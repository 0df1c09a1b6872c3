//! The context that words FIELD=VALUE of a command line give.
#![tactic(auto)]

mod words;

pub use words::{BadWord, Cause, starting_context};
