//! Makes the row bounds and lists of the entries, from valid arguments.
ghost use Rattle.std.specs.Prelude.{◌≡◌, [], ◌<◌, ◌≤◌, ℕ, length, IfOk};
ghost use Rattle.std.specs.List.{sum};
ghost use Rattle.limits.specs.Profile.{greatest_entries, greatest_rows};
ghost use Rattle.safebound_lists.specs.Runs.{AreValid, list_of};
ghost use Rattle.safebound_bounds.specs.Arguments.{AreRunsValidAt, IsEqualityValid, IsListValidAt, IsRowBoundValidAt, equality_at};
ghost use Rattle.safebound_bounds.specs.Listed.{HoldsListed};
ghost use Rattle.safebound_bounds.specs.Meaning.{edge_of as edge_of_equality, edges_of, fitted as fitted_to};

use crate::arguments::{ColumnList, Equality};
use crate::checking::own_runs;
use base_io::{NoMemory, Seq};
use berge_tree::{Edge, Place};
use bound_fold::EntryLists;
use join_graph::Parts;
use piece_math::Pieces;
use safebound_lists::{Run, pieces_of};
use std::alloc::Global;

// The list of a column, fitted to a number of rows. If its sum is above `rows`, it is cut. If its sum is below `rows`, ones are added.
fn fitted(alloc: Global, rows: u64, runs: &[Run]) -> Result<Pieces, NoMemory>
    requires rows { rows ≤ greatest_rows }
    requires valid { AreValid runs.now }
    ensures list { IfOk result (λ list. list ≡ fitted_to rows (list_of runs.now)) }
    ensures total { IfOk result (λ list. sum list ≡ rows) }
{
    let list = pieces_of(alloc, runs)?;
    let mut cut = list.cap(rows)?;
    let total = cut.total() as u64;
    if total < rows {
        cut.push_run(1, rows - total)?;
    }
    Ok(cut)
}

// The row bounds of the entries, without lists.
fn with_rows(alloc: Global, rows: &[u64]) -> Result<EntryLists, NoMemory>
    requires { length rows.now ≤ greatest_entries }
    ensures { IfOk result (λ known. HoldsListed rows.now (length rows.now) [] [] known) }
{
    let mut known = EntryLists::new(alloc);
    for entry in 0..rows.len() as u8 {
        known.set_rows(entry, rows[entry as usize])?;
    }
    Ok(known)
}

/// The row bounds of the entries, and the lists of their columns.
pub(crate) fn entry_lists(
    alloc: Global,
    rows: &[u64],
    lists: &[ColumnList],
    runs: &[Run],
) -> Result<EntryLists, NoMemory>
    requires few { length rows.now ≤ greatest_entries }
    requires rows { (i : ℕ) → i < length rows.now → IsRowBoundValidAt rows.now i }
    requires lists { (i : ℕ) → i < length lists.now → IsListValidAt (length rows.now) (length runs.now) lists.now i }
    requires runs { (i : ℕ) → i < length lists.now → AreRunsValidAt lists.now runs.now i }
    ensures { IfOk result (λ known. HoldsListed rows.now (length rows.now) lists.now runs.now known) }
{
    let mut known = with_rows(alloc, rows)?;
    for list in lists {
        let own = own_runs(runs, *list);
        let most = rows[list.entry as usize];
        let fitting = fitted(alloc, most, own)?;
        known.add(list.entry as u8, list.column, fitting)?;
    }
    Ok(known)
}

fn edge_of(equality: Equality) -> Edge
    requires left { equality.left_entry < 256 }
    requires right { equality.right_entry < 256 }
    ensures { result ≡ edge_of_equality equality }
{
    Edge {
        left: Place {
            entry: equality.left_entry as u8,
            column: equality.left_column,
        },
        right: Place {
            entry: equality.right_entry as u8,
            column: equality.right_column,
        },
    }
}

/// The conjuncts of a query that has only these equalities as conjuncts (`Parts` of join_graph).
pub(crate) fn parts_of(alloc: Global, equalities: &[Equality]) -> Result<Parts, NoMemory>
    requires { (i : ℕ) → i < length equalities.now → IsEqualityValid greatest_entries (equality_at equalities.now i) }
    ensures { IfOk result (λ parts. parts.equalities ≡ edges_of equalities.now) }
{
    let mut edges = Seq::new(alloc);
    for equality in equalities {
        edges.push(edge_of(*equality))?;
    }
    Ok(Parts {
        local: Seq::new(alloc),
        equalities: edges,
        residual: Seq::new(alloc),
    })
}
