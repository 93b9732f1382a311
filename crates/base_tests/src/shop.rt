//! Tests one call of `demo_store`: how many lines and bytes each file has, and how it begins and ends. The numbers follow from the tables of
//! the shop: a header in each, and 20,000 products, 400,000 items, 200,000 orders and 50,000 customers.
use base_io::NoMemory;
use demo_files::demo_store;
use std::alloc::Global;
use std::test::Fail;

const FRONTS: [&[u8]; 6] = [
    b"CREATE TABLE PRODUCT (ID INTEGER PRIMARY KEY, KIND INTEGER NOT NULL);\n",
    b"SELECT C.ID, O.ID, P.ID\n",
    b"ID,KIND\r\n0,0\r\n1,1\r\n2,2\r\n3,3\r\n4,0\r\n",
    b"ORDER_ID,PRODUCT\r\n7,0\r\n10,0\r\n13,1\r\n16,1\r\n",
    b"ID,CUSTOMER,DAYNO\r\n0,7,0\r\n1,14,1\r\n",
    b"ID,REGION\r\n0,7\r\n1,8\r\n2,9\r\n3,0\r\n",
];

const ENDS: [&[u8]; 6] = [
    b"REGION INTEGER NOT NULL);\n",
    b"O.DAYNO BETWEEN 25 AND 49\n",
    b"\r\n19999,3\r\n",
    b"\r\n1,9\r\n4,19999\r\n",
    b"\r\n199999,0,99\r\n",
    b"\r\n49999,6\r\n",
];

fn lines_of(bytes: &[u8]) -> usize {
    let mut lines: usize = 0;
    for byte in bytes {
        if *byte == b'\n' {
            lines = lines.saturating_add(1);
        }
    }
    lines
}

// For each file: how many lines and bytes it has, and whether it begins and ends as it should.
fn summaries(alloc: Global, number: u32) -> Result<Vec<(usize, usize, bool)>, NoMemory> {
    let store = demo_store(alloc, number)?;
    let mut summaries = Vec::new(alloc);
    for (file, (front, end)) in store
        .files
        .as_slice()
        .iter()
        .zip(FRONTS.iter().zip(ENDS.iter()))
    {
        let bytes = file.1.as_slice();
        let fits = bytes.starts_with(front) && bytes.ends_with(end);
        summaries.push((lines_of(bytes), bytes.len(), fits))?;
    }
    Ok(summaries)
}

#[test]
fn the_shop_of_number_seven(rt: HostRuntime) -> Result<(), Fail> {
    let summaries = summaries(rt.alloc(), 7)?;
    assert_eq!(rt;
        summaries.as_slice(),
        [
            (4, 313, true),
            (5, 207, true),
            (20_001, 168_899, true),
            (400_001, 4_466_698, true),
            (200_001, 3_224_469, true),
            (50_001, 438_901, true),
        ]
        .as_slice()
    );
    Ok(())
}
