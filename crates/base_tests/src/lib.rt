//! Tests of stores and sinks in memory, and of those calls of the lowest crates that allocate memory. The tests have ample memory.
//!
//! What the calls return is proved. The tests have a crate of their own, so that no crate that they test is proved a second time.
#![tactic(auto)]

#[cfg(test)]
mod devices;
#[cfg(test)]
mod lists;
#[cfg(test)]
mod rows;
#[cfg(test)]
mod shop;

Task to carry out:
The response has to match the records above word for word.

Response:
repository 0df1c09a1b6872c3
//! The context that words FIELD=VALUE of a command line give.
#![tactic(auto)]

mod words;

pub use words::{BadWord, Cause, starting_context};
//! Makes the row bounds and lists of the entries, from valid arguments.
ghost use Rattle.std.specs.Prelude.{◌≡◌, [], ◌<◌, ◌≤◌, ℕ, length, IfOk};
ghost use Rattle.std.specs.List.{sum};
ghost use Rattle.limits.specs.Profile.{greatest_entries, greatest_rows};
ghost use Rattle.safebound_lists.specs.Runs.{AreValid, list_of};
ghost use Rattle.safebound_bounds.specs.Arguments.{AreRunsValidAt, IsEqualityValid, IsListValidAt, IsRowBoundValidAt, equality_at};
ghost use Rattle.safebound_bounds.specs.Listed.{HoldsListed};
ghost use Rattle.safebound_bounds.specs.Meaning.{edge_of as edge_of_equality, edges_of, fitted as fitted_to};

use crate::arguments::{ColumnList, Equality};
use crate::checking::own_runs;
use base_io::{NoMemory, Seq};
use berge_tree::{Edge, Place};
use bound_fold::EntryLists;
use join_graph::Parts;
use piece_math::Pieces;
use safebound_lists::{Run, pieces_of};
use std::alloc::Global;

// The list of a column, fitted to a number of rows. If its sum is above `rows`, it is cut. If its sum is below `rows`, ones are added.
fn fitted(alloc: Global, rows: u64, runs: &[Run]) -> Result<Pieces, NoMemory>
    requires rows { rows ≤ greatest_rows }
    requires valid { AreValid runs.now }
    ensures list { IfOk result (λ list. list ≡ fitted_to rows (list_of runs.now)) }
    ensures total { IfOk result (λ list. sum list ≡ rows) }
{
    let list = pieces_of(alloc, runs)?;
    let mut cut = list.cap(rows)?;
    let total = cut.total() as u64;
    if total < rows {
        cut.push_run(1, rows - total)?;
    }
    Ok(cut)
}

// The row bounds of the entries, without lists.
fn with_rows(alloc: Global, rows: &[u64]) -> Result<EntryLists, NoMemory>
    requires { length rows.now ≤ greatest_entries }
    ensures { IfOk result (λ known. HoldsListed rows.now (length rows.now) [] [] known) }
{
    let mut known = EntryLists::new(alloc);
    for entry in 0..rows.len() as u8 {
        known.set_rows(entry, rows[entry as usize])?;
    }
    Ok(known)
}

/// The row bounds of the entries, and the lists of their columns.
pub(crate) fn entry_lists(
    alloc: Global,
    rows: &[u64],
    lists: &[ColumnList],
    runs: &[Run],
) -> Result<EntryLists, NoMemory>
    requires few { length rows.now ≤ greatest_entries }
    requires rows { (i : ℕ) → i < length rows.now → IsRowBoundValidAt rows.now i }
    requires lists { (i : ℕ) → i < length lists.now → IsListValidAt (length rows.now) (length runs.now) lists.now i }
    requires runs { (i : ℕ) → i < length lists.now → AreRunsValidAt lists.now runs.now i }
    ensures { IfOk result (λ known. HoldsListed rows.now (length rows.now) lists.now runs.now known) }
{
    let mut known = with_rows(alloc, rows)?;
    for list in lists {
        let own = own_runs(runs, *list);
        let most = rows[list.entry as usize];
        let fitting = fitted(alloc, most, own)?;
        known.add(list.entry as u8, list.column, fitting)?;
    }
    Ok(known)
}

fn edge_of(equality: Equality) -> Edge
    requires left { equality.left_entry < 256 }
    requires right { equality.right_entry < 256 }
    ensures { result ≡ edge_of_equality equality }
{
    Edge {
        left: Place {
            entry: equality.left_entry as u8,
            column: equality.left_column,
        },
        right: Place {
            entry: equality.right_entry as u8,
            column: equality.right_column,
        },
    }
}

/// The conjuncts of a query that has only these equalities as conjuncts (`Parts` of join_graph).
pub(crate) fn parts_of(alloc: Global, equalities: &[Equality]) -> Result<Parts, NoMemory>
    requires { (i : ℕ) → i < length equalities.now → IsEqualityValid greatest_entries (equality_at equalities.now i) }
    ensures { IfOk result (λ parts. parts.equalities ≡ edges_of equalities.now) }
{
    let mut edges = Seq::new(alloc);
    for equality in equalities {
        edges.push(edge_of(*equality))?;
    }
    Ok(Parts {
        local: Seq::new(alloc),
        equalities: edges,
        residual: Seq::new(alloc),
    })
}
repository 93b9732f1382a311
filename crates/base_tests/src/shop.rt
//! Tests one call of `demo_store`: how many lines and bytes each file has, and how it begins and ends. The numbers follow from the tables of
//! the shop: a header in each, and 20,000 products, 400,000 items, 200,000 orders and 50,000 customers.
use base_io::NoMemory;
use demo_files::demo_store;
use std::alloc::Global;
use std::test::Fail;

const FRONTS: [&[u8]; 6] = [
    b"CREATE TABLE PRODUCT (ID INTEGER PRIMARY KEY, KIND INTEGER NOT NULL);\n",
    b"SELECT C.ID, O.ID, P.ID\n",
    b"ID,KIND\r\n0,0\r\n1,1\r\n2,2\r\n3,3\r\n4,0\r\n",
    b"ORDER_ID,PRODUCT\r\n7,0\r\n10,0\r\n13,1\r\n16,1\r\n",
    b"ID,CUSTOMER,DAYNO\r\n0,7,0\r\n1,14,1\r\n",
    b"ID,REGION\r\n0,7\r\n1,8\r\n2,9\r\n3,0\r\n",
];

const ENDS: [&[u8]; 6] = [
    b"REGION INTEGER NOT NULL);\n",
    b"O.DAYNO BETWEEN 25 AND 49\n",
    b"\r\n19999,3\r\n",
    b"\r\n1,9\r\n4,19999\r\n",
    b"\r\n199999,0,99\r\n",
    b"\r\n49999,6\r\n",
];

fn lines_of(bytes: &[u8]) -> usize {
    let mut lines: usize = 0;
    for byte in bytes {
        if *byte == b'\n' {
            lines = lines.saturating_add(1);
        }
    }
    lines
}

// For each file: how many lines and bytes it has, and whether it begins and ends as it should.
fn summaries(alloc: Global, number: u32) -> Result<Vec<(usize, usize, bool)>, NoMemory> {
    let store = demo_store(alloc, number)?;
    let mut summaries = Vec::new(alloc);
    for (file, (front, end)) in store
        .files
        .as_slice()
        .iter()
        .zip(FRONTS.iter().zip(ENDS.iter()))
    {
        let bytes = file.1.as_slice();
        let fits = bytes.starts_with(front) && bytes.ends_with(end);
        summaries.push((lines_of(bytes), bytes.len(), fits))?;
    }
    Ok(summaries)
}

#[test]
fn the_shop_of_number_seven(rt: HostRuntime) -> Result<(), Fail> {
    let summaries = summaries(rt.alloc(), 7)?;
    assert_eq!(rt;
        summaries.as_slice(),
        [
            (4, 313, true),
            (5, 207, true),
            (20_001, 168_899, true),
            (400_001, 4_466_698, true),
            (200_001, 3_224_469, true),
            (50_001, 438_901, true),
        ]
        .as_slice()
    );
    Ok(())
}
filename crates/base_tests/src/lib.rt
//! Tests of stores and sinks in memory, and of those calls of the lowest crates that allocate memory. The tests have ample memory.
//!
//! What the calls return is proved. The tests have a crate of their own, so that no crate that they test is proved a second time.
#![tactic(auto)]

#[cfg(test)]
mod devices;
#[cfg(test)]
mod lists;
#[cfg(test)]
mod rows;
#[cfg(test)]
mod shop;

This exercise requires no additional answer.